> Extracted records
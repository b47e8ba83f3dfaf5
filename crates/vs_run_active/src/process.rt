//! Where a process of a run stands in its script, and what it waits for (IEEE 1364-2005, clauses 9.7 and 11.3).
ghost use Rattle.std.specs.Prelude.{ℕ, List, ◌≡◌, ◌<◌, ◌^◌, ◌&&◌, not};
ghost use Rattle.vs_design.specs.declared.statement.Statement.{Statement};
ghost use Rattle.vs_process.specs.Places.{Todo, is_going, is_inactive, is_inside, start_place, stepped_gait};
ghost use Rattle.vs_process.specs.Scripts.{StartsWith, todo_on};
ghost use Rattle.vs_process.specs.Steps.{has_nothing};
ghost use Rattle.vs_process.specs.States as states;
ghost use Rattle.vs_run_active.specs.ProcessPlaces.{ActiveIsDetermined, IsWaitOf, OthersStay, RousedAreDetermined, WakesAreDetermined, WokenAreDetermined, place_by, place_in, roused_in, triggered_at, waits_at, woken_in};

use vs_design::EventTerm;
use vs_process::{Gait, Script};

/// What a process waits for.
#[derive(Clone, Copy)]
pub enum Wait<'a> {
    /// Nothing: it is active, unless it is at its end.
    Nothing(Gait),
    /// The end of a delay, at this time in ticks.
    Until(u64),
    /// The end of a delay of zero ticks.
    Inactive,
    /// One of these terms, by the event control of this number in the process's text.
    Terms(u32, &'a [EventTerm]),
}

/// A process of a run: its script, the index where it stands there, and what it waits for. The counters of its statements `repeat` are kept apart.
#[derive(Clone, Copy)]
pub struct Process<'a> {
    pub script: &'a Script<'a>,
    pub index: usize,
    pub wait: Wait<'a>,
}

/// The gait after a step.
#[inline(always)]
pub fn gait_after(gait: Gait) -> Gait
    ensures { result ≡ stepped_gait gait }
{
    match gait {
        Gait::Fresh => Gait::Fresh,
        Gait::Woken => Gait::Inside,
        Gait::Inside => Gait::Inside,
    }
}

/// What a process waits for when a delay of so many ticks begins.
#[inline(always)]
pub fn pause<'a>(time: u64, ticks: u64) -> Wait<'a>
    requires early { time < 2 ^ 62 }
    requires short { ticks < 2 ^ 62 }
    ensures place { (todo : Todo) → place_by result todo ≡ states.paused time ticks todo }
{
    if ticks == 0 {
        Wait::Inactive
    } else {
        Wait::Until(time + ticks)
    }
}

impl<'a> Process<'a> {
    /// A process at the start of its script.
    pub fn start(script: &'a Script<'a>) -> Self
        ensures place { (body : Statement) (counters : List ℕ) → StartsWith script.entry.now body
            → place_in result counters ≡ start_place body }
        ensures script { result.script.now ≡ script.entry.now }
        ensures waits { IsWaitOf result.script.now result.wait }
    {
        Process {
            script,
            index: script.start(),
            wait: Wait::Nothing(Gait::Fresh),
        }
    }

    /// Whether something is left to do where it stands.
    #[inline(always)]
    fn has_more(&self) -> bool
        ensures { (counters : List ℕ) → has_nothing (todo_on self.now.script.now counters self.now.index) ≡ not result }
    {
        let script = self.script;
        let instructions = script.instructions();
        self.index < instructions.len()
    }

    /// Whether it is active.
    #[inline(always)]
    pub fn is_going(&self) -> bool
        ensures { (counters : List ℕ) → result ≡ is_going (place_in self.now counters) }
    {
        match self.wait {
            Wait::Nothing(_) => self.has_more(),
            _ => false,
        }
    }

    /// Whether it is inactive: a delay of zero ticks (IEEE 1364-2005, clause 11.3).
    #[inline(always)]
    pub fn is_inactive(&self) -> bool
        ensures { (counters : List ℕ) → result ≡ is_inactive (place_in self.now counters) }
    {
        match self.wait {
            Wait::Inactive => true,
            _ => false,
        }
    }

    /// The time in ticks at which its delay ends, where it waits for one.
    #[inline(always)]
    pub fn due(&self) -> Option<u64>
        ensures { (counters : List ℕ) → result ≡ states.due_of (place_in self.now counters) }
    {
        match self.wait {
            Wait::Until(due) => Some(due),
            _ => None,
        }
    }

    /// Whether it is active and has taken a step since its timing control ended.
    #[inline(always)]
    pub fn is_inside(&self) -> bool
        ensures { (counters : List ℕ) → result ≡ is_inside (place_in self.now counters) }
    {
        match self.wait {
            Wait::Nothing(Gait::Inside) => self.has_more(),
            _ => false,
        }
    }

    /// A process that waits at the event control of this number goes on: whether it does, and is active then.
    #[inline(always)]
    pub fn trigger(&mut self, control: u32) -> bool
        ensures new { self.new ≡ triggered_at control self.old }
        ensures going { (counters : List ℕ) → result ≡ (waits_at control self.old.wait && is_going (place_in self.new counters)) }
    {
        match self.wait {
            Wait::Terms(n, _) => {
                if n == control {
                    self.wait = Wait::Nothing(Gait::Woken);
                    self.has_more()
                } else {
                    false
                }
            }
            _ => false,
        }
    }

    /// An inactive process goes on.
    #[inline(always)]
    pub fn rouse(&mut self)
        ensures { self.new ≡ roused_in self.old }
    {
        match self.wait {
            Wait::Inactive => self.wait = Wait::Nothing(Gait::Woken),
            _ => {}
        }
    }

    /// A process whose delay ends at this time, in ticks, goes on.
    #[inline(always)]
    pub fn wake(&mut self, time: u64)
        ensures { self.new ≡ woken_in time self.old }
    {
        match self.wait {
            Wait::Until(due) => {
                if due == time {
                    self.wait = Wait::Nothing(Gait::Woken);
                }
            }
            _ => {}
        }
    }
}

/// Whether a process is active is known without its counters, what a change wakes of the processes that wait at event controls by the controls'
/// numbers, and what becomes of an inactive process and of one whose delay ends by what it waits for (IEEE 1364-2005, clauses 9.7.2 and 11.3).
pub fn wakes_are_determined()
    ensures active { ActiveIsDetermined }
    ensures told { WakesAreDetermined }
    ensures others { OthersStay }
    ensures roused { RousedAreDetermined }
    ensures woken { WokenAreDetermined }
{}
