//! The terms of the event controls of a run's processes, by the numbers of these.
ghost use Rattle.std.specs.Prelude.{◌≡◌, ◌++◌, map, IfOk, OnOk};
ghost use Rattle.vs_design.specs.Uses.{joined};
ghost use Rattle.vs_process.specs.Scripts.{instruction_control};
ghost use Rattle.vs_run_active.specs.Terms.{TermsAreFound, control_terms, process_term, terms_from};

use crate::watchers::ProcessTerm;
use std::alloc::{AllocError, Global};
use vs_design::EventTerm;
use vs_process::{Action, Instruction, Script};

/// Adds the terms of an event control of a process.
fn add_terms(
    all: &mut Vec<ProcessTerm>,
    process: usize,
    control: u32,
    terms: &[EventTerm],
) -> Result<(), AllocError>
    ensures { OnOk result (all.new.items ≡ all.old.items ++ map (process_term process control) terms.now) }
{
    for term in terms {
        all.push(ProcessTerm {
            process,
            control,
            term: *term,
        })?;
    }
    Ok(())
}

/// Adds those of an instruction, where it waits at an event control.
fn add_control(
    all: &mut Vec<ProcessTerm>,
    process: usize,
    instruction: &Instruction,
) -> Result<(), AllocError>
    ensures { OnOk result (all.new.items ≡ all.old.items ++ control_terms process (instruction_control instruction.now)) }
{
    match &instruction.action {
        Action::Wait(control, terms) => {
            add_terms(all, process, *control, terms)?;
            Ok(())
        }
        _ => Ok(()),
    }
}

/// Adds those of all instructions of a process.
fn add_controls(
    all: &mut Vec<ProcessTerm>,
    process: usize,
    instructions: &[Instruction],
) -> Result<(), AllocError>
    ensures { OnOk result (all.new.items
        ≡ all.old.items ++ joined (map (control_terms process) (map instruction_control instructions.now))) }
{
    for instruction in instructions {
        add_control(all, process, instruction)?;
    }
    Ok(())
}

/// Those of the processes that have these scripts.
pub fn terms_of(alloc: Global, scripts: &[Script]) -> Result<Vec<ProcessTerm>, AllocError>
    ensures { IfOk result (λ terms. terms.items ≡ terms_from 0 scripts.now) }
{
    let mut terms = Vec::new(alloc);
    for process in 0..scripts.len() {
        let script = &scripts[process];
        let instructions = script.instructions();
        add_controls(&mut terms, process, instructions)?;
    }
    Ok(terms)
}

/// Under the number of each event control its terms are listed.
pub fn terms_are_found()
    ensures { TermsAreFound }
{}
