//! Where the watchers of each signal stand.
ghost use Rattle.std.specs.Prelude.{◌<◌, ◌^◌, IfOk};
ghost use Rattle.vs_run_active.specs.Groups.{AllAssigns};
ghost use Rattle.vs_run_active.specs.Rows.{RowAdded};

use crate::groups::Groups;
use crate::watchers::{ProcessTerm, Watcher, add_kind};
use std::alloc::AllocError;
use vs_design::vs_logic4::Edge;

/// Where the watchers of a signal stand: the readers, then the controls that wait for any change, for a rise, for a fall.
#[derive(Clone, Copy)]
pub struct Row {
    pub readers: usize,
    pub any: usize,
    pub rising: usize,
    pub falling: usize,
    pub end: usize,
}

/// The watchers of one signal, of which these are those of its readers.
pub(crate) fn add_row(
    groups: &mut Groups,
    watchers: &mut Vec<Watcher>,
    plain: &[Watcher],
    copies: &[bool],
    terms: &[ProcessTerm],
) -> Result<Row, AllocError>
    requires numbers { AllAssigns groups.old.assigns plain.now }
    requires room { groups.old.assigns < 2 ^ 63 }
    ensures { IfOk result (λ row. RowAdded groups.old groups.new watchers.old.items watchers.new.items row plain.now terms.now) }
{
    let readers = watchers.len();
    groups.add(watchers, plain, copies)?;
    let any = watchers.len();
    add_kind(watchers, terms, Edge::Any)?;
    let rising = watchers.len();
    add_kind(watchers, terms, Edge::Posedge)?;
    let falling = watchers.len();
    add_kind(watchers, terms, Edge::Negedge)?;
    let end = watchers.len();
    Ok(Row {
        readers,
        any,
        rising,
        falling,
        end,
    })
}
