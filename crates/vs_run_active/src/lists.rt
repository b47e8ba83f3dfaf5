//! Terms of event controls by the signals that they name: a list for each signal, made once.
ghost use Rattle.std.specs.Prelude.{◌≡◌, ◌++◌, ◌∷◌, [], IfOk, OnOk};
ghost use Rattle.vs_design.specs.Stores.{changed_at};
ghost use Rattle.vs_design.specs.Tables.{empty_rows, rows};
ghost use Rattle.vs_run_active.specs.Lists.{AreBySignal};

use crate::watchers::ProcessTerm;
use std::alloc::{AllocError, Global};

/// Puts an item at the end of one of some lists; past the end there is none.
pub(crate) fn push_at<T: Drop>(
    lists: &mut Vec<Vec<T>>,
    place: usize,
    item: T,
) -> Result<(), AllocError>
    ensures { OnOk result (rows lists.new.items ≡ changed_at (λ list. list ++ item ∷ []) place (rows lists.old.items)) }
{
    if let Some(list) = lists.get_mut(place) {
        list.push(item)?;
    }
    Ok(())
}

/// So many empty lists.
pub(crate) fn empty_lists<T: Drop>(alloc: Global, count: usize) -> Result<Vec<Vec<T>>, AllocError>
    ensures { IfOk result (λ lists. rows lists.items ≡ empty_rows count) }
{
    let mut lists = Vec::new(alloc);
    for _ in 0..count {
        lists.push(Vec::new(alloc))?;
    }
    Ok(lists)
}

/// For each of so many signals the terms that name it, in their order.
pub(crate) fn by_signal(
    alloc: Global,
    terms: &[ProcessTerm],
    signals: usize,
) -> Result<Vec<Vec<ProcessTerm>>, AllocError>
    ensures { IfOk result (λ lists. AreBySignal terms.now signals (rows lists.items)) }
{
    let mut lists = empty_lists(alloc, signals)?;
    for term in terms {
        push_at(&mut lists, term.term.range.signal, *term)?;
    }
    Ok(lists)
}
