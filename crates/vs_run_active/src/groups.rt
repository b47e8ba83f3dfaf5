//! Groups of copies: continuous assignments that stand next to each other among the readers of a signal, and are woken as one.
ghost use Rattle.std.specs.Prelude.{◌≡◌, ◌++◌, ◌∷◌, [], ◌+◌, ◌<◌, ◌≤◌, ◌^◌, true, drop, get_or, length, map, take, IfOk, OnOk};
ghost use Rattle.vs_run_active.specs.Groups.{Adds, AllAssigns, AreLike, group_members, no_group, numbered_as};

use crate::watchers::Watcher;
use std::alloc::{AllocError, Global};

/// Where the members of a group stand.
#[derive(Clone, Copy)]
pub struct Group {
    pub from: usize,
    pub to: usize,
}

/// The groups, and the continuous assignments that are their members.
#[derive(Drop)]
pub struct Groups {
    pub groups: Vec<Group>,
    pub members: Vec<usize>,
    /// How many continuous assignments there are: the numbers of the groups come after theirs.
    pub assigns: usize,
}

/// Whether two watchers see the same bits.
fn are_alike(a: Watcher, b: Watcher) -> bool
    ensures { result ≡ true → numbered_as a b.number ≡ b }
{
    if a.mask.bits != b.mask.bits {
        return false;
    }
    if a.mask.word != b.mask.word {
        return false;
    }
    a.control == b.control
}

/// Whether a watcher is that of a copy.
fn is_copy(watcher: Watcher, copies: &[bool]) -> bool {
    match copies.get(watcher.number) {
        Some(copy) => *copy,
        None => false,
    }
}

/// How many of the first of some watchers are those of copies and see the same bits as that of a copy.
fn like_it(first: Watcher, rest: &[Watcher], copies: &[bool]) -> usize
    ensures within { result ≤ length rest.now }
    ensures alike { AreLike first (take result rest.now) }
{
    if !is_copy(first, copies) {
        return 0;
    }
    for (n, watcher) in rest.iter().enumerate() {
        if !is_copy(*watcher, copies) {
            return n;
        }
        if !are_alike(first, *watcher) {
            return n;
        }
    }
    rest.len()
}

/// What stands after one of some watchers.
fn rest_after(watchers: &[Watcher], place: usize) -> &[Watcher]
    requires { place < length watchers.now }
    ensures { result.now ≡ drop (place + 1) watchers.now }
{
    &watchers[place + 1..]
}

/// The continuous assignments of watchers.
fn add_members(members: &mut Vec<usize>, watchers: &[Watcher]) -> Result<(), AllocError>
    ensures { OnOk result (members.new.items ≡ members.old.items ++ map (λ w. w.number) watchers.now) }
{
    for watcher in watchers {
        members.push(watcher.number)?;
    }
    Ok(())
}

impl Groups {
    /// None yet, of so many continuous assignments.
    pub fn none(alloc: Global, assigns: usize) -> Self
        ensures { result.assigns ≡ assigns }
    {
        Groups {
            groups: Vec::new(alloc),
            members: Vec::new(alloc),
            assigns,
        }
    }

    /// The members of a group; one past the end has none.
    #[inline(always)]
    pub fn members_of(&self, group: usize) -> &[usize]
        ensures { result.now ≡ group_members (get_or self.now.groups.items group no_group) self.now.members.items }
    {
        let Some(g) = self.groups.get(group) else {
            return &[];
        };
        if g.from <= g.to && g.to <= self.members.len() {
            return &self.members[g.from..g.to];
        }
        &[]
    }

    /// A watcher of its own.
    fn add_one(&mut self, watchers: &mut Vec<Watcher>, watcher: Watcher) -> Result<(), AllocError>
        requires { watcher.number < self.old.assigns }
        ensures { OnOk result (Adds self.old self.new watchers.old.items watchers.new.items (watcher ∷ [])) }
    {
        watchers.push(watcher)?;
        Ok(())
    }

    /// One watcher for several.
    fn add_group(
        &mut self,
        watchers: &mut Vec<Watcher>,
        first: Watcher,
        rest: &[Watcher],
    ) -> Result<(), AllocError>
        requires alike { AreLike first rest.now }
        requires room { self.old.assigns < 2 ^ 63 }
        ensures { OnOk result (Adds self.old self.new watchers.old.items watchers.new.items (first ∷ rest.now)) }
    {
        let from = self.members.len();
        self.members.push(first.number)?;
        add_members(&mut self.members, rest)?;
        let to = self.members.len();
        let number = self.assigns + self.groups.len();
        self.groups.push(Group { from, to })?;
        watchers.push(Watcher {
            mask: first.mask,
            number,
            control: first.control,
        })?;
        Ok(())
    }

    /// A watcher, and as many after it as make a group with it; the answer is how many these are.
    fn add_next(
        &mut self,
        watchers: &mut Vec<Watcher>,
        first: Watcher,
        rest: &[Watcher],
        copies: &[bool],
    ) -> Result<usize, AllocError>
        requires number { first.number < self.old.assigns }
        requires room { self.old.assigns < 2 ^ 63 }
        ensures within { IfOk result (λ more. more ≤ length rest.now) }
        ensures adds { IfOk result (λ more. Adds self.old self.new watchers.old.items watchers.new.items (first ∷ take more rest.now)) }
    {
        let more = like_it(first, rest, copies);
        if more == 0 {
            self.add_one(watchers, first)?;
            return Ok(more);
        }
        self.add_group(watchers, first, &rest[..more])?;
        Ok(more)
    }

    /// The watchers of continuous assignments: of those that stand next to each other, are copies and see the same bits one for all.
    pub fn add(
        &mut self,
        watchers: &mut Vec<Watcher>,
        plain: &[Watcher],
        copies: &[bool],
    ) -> Result<(), AllocError>
        requires numbers { AllAssigns self.old.assigns plain.now }
        requires room { self.old.assigns < 2 ^ 63 }
        ensures { OnOk result (Adds self.old self.new watchers.old.items watchers.new.items plain.now) }
    {
        let mut from = 0;
        while from < plain.len() {
            let rest = rest_after(plain, from);
            let more = self.add_next(watchers, plain[from], rest, copies)?;
            from = from + 1 + more;
        }
        Ok(())
    }
}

> Problem statement
For the string "which", search the preceding data and copy every line that includes it.

> Response to this exercise
    /// The time in ticks at which its delay ends, where it waits for one.
/// The watchers of one signal, of which these are those of its readers.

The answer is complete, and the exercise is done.